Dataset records
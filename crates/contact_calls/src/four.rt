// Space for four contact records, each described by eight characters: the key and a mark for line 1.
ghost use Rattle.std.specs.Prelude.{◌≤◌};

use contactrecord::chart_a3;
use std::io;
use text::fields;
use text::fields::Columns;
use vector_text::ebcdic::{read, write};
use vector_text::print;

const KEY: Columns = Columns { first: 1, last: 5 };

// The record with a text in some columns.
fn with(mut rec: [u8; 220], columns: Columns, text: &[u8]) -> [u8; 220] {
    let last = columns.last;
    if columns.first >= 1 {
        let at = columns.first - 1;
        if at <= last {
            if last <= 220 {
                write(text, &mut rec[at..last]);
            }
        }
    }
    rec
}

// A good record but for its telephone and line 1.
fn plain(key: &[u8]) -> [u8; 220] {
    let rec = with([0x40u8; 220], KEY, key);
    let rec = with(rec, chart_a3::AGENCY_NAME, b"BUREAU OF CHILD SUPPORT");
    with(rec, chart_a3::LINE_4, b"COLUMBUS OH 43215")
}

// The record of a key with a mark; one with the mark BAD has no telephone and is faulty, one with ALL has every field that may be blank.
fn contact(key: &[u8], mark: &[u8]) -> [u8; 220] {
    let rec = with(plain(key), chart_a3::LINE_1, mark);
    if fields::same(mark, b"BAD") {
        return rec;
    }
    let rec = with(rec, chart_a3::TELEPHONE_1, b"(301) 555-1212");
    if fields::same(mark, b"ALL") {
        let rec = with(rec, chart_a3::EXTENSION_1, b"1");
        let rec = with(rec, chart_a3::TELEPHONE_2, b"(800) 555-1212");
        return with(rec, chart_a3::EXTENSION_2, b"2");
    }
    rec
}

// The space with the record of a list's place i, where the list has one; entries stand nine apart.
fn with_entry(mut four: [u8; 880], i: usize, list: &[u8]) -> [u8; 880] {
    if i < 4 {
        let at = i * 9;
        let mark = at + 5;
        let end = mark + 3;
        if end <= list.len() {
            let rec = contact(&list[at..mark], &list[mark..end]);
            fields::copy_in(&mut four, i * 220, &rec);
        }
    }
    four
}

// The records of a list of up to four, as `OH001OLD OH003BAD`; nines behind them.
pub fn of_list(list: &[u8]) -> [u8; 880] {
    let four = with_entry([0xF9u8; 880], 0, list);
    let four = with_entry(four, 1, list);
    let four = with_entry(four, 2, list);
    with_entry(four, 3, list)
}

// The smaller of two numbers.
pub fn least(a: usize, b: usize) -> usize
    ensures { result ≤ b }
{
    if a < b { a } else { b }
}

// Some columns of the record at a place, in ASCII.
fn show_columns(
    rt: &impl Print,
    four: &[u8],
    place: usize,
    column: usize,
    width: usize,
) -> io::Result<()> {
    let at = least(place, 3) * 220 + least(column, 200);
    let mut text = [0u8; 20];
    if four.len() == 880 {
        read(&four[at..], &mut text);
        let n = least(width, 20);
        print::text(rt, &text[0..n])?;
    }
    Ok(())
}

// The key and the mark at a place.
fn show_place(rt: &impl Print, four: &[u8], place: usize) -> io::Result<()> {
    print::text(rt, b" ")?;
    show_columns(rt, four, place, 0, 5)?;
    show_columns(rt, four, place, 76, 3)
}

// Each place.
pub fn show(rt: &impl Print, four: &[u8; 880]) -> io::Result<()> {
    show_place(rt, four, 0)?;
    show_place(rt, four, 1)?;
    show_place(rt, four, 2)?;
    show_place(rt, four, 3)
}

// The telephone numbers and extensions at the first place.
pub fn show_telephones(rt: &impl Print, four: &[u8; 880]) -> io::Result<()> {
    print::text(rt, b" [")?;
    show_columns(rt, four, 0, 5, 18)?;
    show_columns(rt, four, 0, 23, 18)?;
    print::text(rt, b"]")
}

■ **WHAT IS NEEDED**:
Copy each line above holding "least".

■ **ANSWER FOR THIS EXERCISE**:
pub fn least(a: usize, b: usize) -> usize
    let at = least(place, 3) * 220 + least(column, 200);
        let n = least(width, 20);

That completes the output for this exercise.